Yes, I want to support the local farmers.
No, I don't want to support larceny.
Yes I want to relive the burst of childhood culinary sweetness.
No, I don't want to resent paying what I can, but feel is craziness!

Now if I were in Lancaster, PA, I would drive way out in the country, by the plowed fields, rushing creeks, and rambling barns and farmhouses, and would buy the earth's goodness at a God-fearing price!

Friday, June 8, 2018

It's a beautiful day in the neighborhood

Recently we were in Pittsburgh and we revisited the Heinz Museum which housed the Fred Rogers exhibit. He of course was a native son of Pittsburgh and the recreation of the TV set is excellent. I was talking to a guard and he sat the Mr. Rogers section of the museum is one of the most beloved. I was in tears, just listening to the familiar, "It's a beautiful day in the neighborhood...." as it took me back to our sons and how they loved the soothing, comfortable show. Sesame Street and the Electric Company and others were on in the same time frame, but they had completely different effects on the boys - and me! At first I found his deliberate repletion of actions and words strange. But gradually I realized that he was reinforcing every concept of parenting I was attempting to convey - particularly of kindness. "Please won't you be my neighbor." And the consistency that we tried to practice in terms of behavior, health, sleep, conversation - all of these Mr. Rogers did in a short program each day, essentially saying to me, "I got your back."

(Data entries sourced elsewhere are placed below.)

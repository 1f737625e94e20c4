//! The events of a run that were refused.
ghost use Rattle.std.specs.Prelude.{◌≡◌, ◌++◌, [], false, true, List};
ghost use Rattle.mh_text.specs.Refused.{refusal_in, refused_at};
ghost use Rattle.mh_json.specs.declared.refused.RefusedEvent.{RefusedEvent as Refused};

use mh_core::{Refusal, Reply};
use mh_json::RefusedEvent;
use std::alloc::Global;

/// The refused events of a run so far, or none of them, if memory ran out for one.
#[derive(Drop)]
pub(crate) struct RefusedEvents {
    events: Vec<RefusedEvent>,
    has_all: bool,
}

impl RefusedEvents {
    /// Returns an empty list of refused events.
    pub(crate) fn new(alloc: Global) -> RefusedEvents
        ensures all { result.has_all ≡ true }
        ensures none { result.events.items ≡ [] }
    {
        RefusedEvents {
            events: Vec::new(alloc),
            has_all: true,
        }
    }

    /// Adds the event with this number, if it was refused.
    pub(crate) fn add(&mut self, event: u64, refusal: Option<Refusal>)
        ensures all { (before : List Refused) → (self.old.has_all ≡ true → self.old.events.items ≡ before)
            → self.new.has_all ≡ true
            → self.new.events.items ≡ before ++ refused_at event refusal }
        ensures none { (self.old.has_all ≡ false → self.old.events.items ≡ [])
            → self.new.has_all ≡ false → self.new.events.items ≡ [] }
    {
        let Some(refusal) = refusal else {
            return;
        };
        if !self.has_all {
            return;
        }
        if self.events.push(RefusedEvent { event, refusal }).is_err() {
            self.events.clear();
            self.has_all = false;
        }
    }

    /// Returns the refused events, in order.
    pub(crate) fn into_events(self) -> Vec<RefusedEvent>
        ensures value { result.items ≡ self.events.items }
    {
        self.events
    }
}

/// Returns the reason why an event was refused, if it was.
pub(crate) fn refusal_of(reply: &Reply) -> Option<Refusal>
    ensures value { result ≡ refusal_in reply.now }
{
    match reply {
        Reply::Refused(refusal) => Some(*refusal),
        _ => None,
    }
}
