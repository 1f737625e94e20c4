//! Reading the whole input.
ghost use Rattle.std.specs.Prelude.{◌≡◌, ◌≢◌, ◌<◌, ◌≤◌, ◌⊎◌, ◌+◌, ◌^◌, length, IfOk, IfErr, OnOk, OnErr, IfSome, IsErrOf};
ghost use Rattle.mh_text.specs.Bytes.{HasFailed, LosesAtMost};
ghost use Rattle.mh_json.specs.Inputs.{most_bytes};
ghost use Rattle.mh_json.specs.Gives.{no_memory, too_long};
ghost use Rattle.std.specs.Io.KnownBytes.{Consumes, IsAtEnd};

use crate::streams::watched::Watched;
use mh_json::{InputFault, LONGEST_INPUT, TextFault};
use std::alloc::Global;
use std::io::Read;

/// Reads the input to its end, or up to the first byte beyond a limit.
///
/// Fails if it has more bytes than that, if a read fails, or if memory runs out.
pub fn read_up_to<R: Read>(
    alloc: Global,
    reader: &mut Watched<R>,
    limit: usize,
) -> Result<Vec<u8>, TextFault>
    requires bounded { limit + 1 < 2 ^ 64 }
    ensures ok { IfOk result (λ input. IfSome (R.remaining reader.old.inner) (λ bytes. input.items
        ≡ bytes)) }
    ensures short { IfOk result (λ input. length input.items ≤ limit) }
    ensures long { IsErrOf result too_long
        → IfSome (R.remaining reader.old.inner) (λ bytes. limit < length bytes) }
    ensures kept { OnOk result (reader.new.failures ≡ reader.old.failures) }
    ensures failed { IsErrOf result TextFault.ReadFailed
        → HasFailed reader.old.failures reader.new.failures }
    ensures others { IfErr result (λ e. e ≢ TextFault.ReadFailed
        → reader.new.failures ≡ reader.old.failures) }
    ensures end { OnOk result (IsAtEnd (R.remaining reader.new.inner)) }
    ensures most { LosesAtMost (limit + 1) (R.remaining reader.old.inner)
        (R.remaining reader.new.inner) }
    ensures kinds { IfErr result (λ e. (e ≡ no_memory) ⊎ (e ≡ too_long)
        ⊎ (e ≡ TextFault.ReadFailed)) }
{
    let mut input = Vec::new(alloc);
    let mut buffer = [0u8; 8192];
    while input.len() <= limit {
        let room = (limit + 1 - input.len()).min(buffer.len());
        let part = &mut buffer[..room];
        let n = reader.read(part)?;
        if n == 0 {
            return Ok(input);
        }
        input.extend_from_slice(&part[..n])?;
    }
    Err(TextFault::Input(InputFault::TooLong))
}

/// Reads the input to its end, or up to the first byte beyond 1,048,576.
///
/// Fails if it has more bytes than that, if a read fails, or if memory runs out.
pub fn read_input<R: Read>(alloc: Global, reader: &mut Watched<R>) -> Result<Vec<u8>, TextFault>
    ensures ok { IfOk result (λ input. IfSome (R.remaining reader.old.inner) (λ bytes. input.items
        ≡ bytes)) }
    ensures short { IfOk result (λ input. length input.items ≤ most_bytes) }
    ensures long { IsErrOf result too_long
        → IfSome (R.remaining reader.old.inner) (λ bytes. most_bytes < length bytes) }
    ensures kept { OnOk result (reader.new.failures ≡ reader.old.failures) }
    ensures failed { IsErrOf result TextFault.ReadFailed
        → HasFailed reader.old.failures reader.new.failures }
    ensures others { IfErr result (λ e. e ≢ TextFault.ReadFailed
        → reader.new.failures ≡ reader.old.failures) }
    ensures end { OnOk result (IsAtEnd (R.remaining reader.new.inner)) }
    ensures most { LosesAtMost (most_bytes + 1) (R.remaining reader.old.inner)
        (R.remaining reader.new.inner) }
    ensures kinds { IfErr result (λ e. (e ≡ no_memory) ⊎ (e ≡ too_long)
        ⊎ (e ≡ TextFault.ReadFailed)) }
{
    read_up_to(alloc, reader, LONGEST_INPUT)
}
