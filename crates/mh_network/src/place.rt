//! Places of faults of rows and costs.

use crate::fault::ProblemFault;
use mh_base::NoMemory;

/// The part of rows and costs that has a fault.
#[derive(Clone, Copy, Debug, PartialEq, Eq)]
pub enum ProblemPlace {
    /// All of it.
    Whole,
    /// The links.
    Links,
    /// The points.
    Points,
    /// The needs of the link with this number.
    Needs(usize),
}

/// The reason why rows and costs do not make a problem, and the place of the fault.
#[derive(Clone, Copy, Debug, PartialEq, Eq)]
pub struct ProblemMisfit {
    /// The first test that fails.
    pub fault: ProblemFault,
    /// The part that has the fault. If the fault is of a link, it is the first link that has it.
    pub place: ProblemPlace,
}

impl From<NoMemory> for ProblemMisfit {
    ghost use Rattle.std.specs.Prelude.{◌≡◌};
    ghost use Rattle.mh_network.specs.Places.{out_of_memory};

    ghost from_gives = { λ _ misfit. misfit ≡ out_of_memory };

    fn from(_refused: NoMemory) -> ProblemMisfit {
        ProblemMisfit {
            fault: ProblemFault::NoMemory,
            place: ProblemPlace::Whole,
        }
    }
}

That is why I think thousand of adults stand before the reconstructed Mr. Rogers Neighborhood with eyes and hearts full of tears.

Have we ever needed his message of gentle civility more as a nation?

Thursday, June 7, 2018

let the merry sunshine in

A cardinal whistled right into my window as I sat down to my computer! Cheeky thing! I particularly love the chatter of the birds in the morning. It feels like all of creation is on the same page and we all seem to be saying - new day, new possibilities. The cycle of darkness and light surely overlays our very beings. The night never lasts, but neither does the light. We have to cherish each.

But right now, open all the windows, open all the doors! And whistle back to that saucy cardinal!

Tuesday, June 5, 2018

modeling

At the edge of the surf a young mother was sitting with her baby. The child was probably 6 months old - crawling, not walking - but more importantly, definitely not afraid. The mother sat really close, but wasn't holding her and she played with the sand and surf happily as wave after wave crashed near her. A sudden big wave engulfed them both and while the baby blinked and gasped at the dunking she didn't cry. I was astounded.

Later as I passed them back further on the beach I stopped and said "You are raising a fearless daughter!" And she laughed and said that she was a swimmer all her life and didn't want her child to have fears of the ocean. She said, "I figured she would take her cues from me." To which I replied, "She will take her cues from you in everything." and she agreed in some surprise.

We are so molded by our parents' attitudes early in life. Yes, we can change, alter, correct, backslide, whatever. But that first instinctive response is pure Mother or Dad. 

Another reason to give thanks today.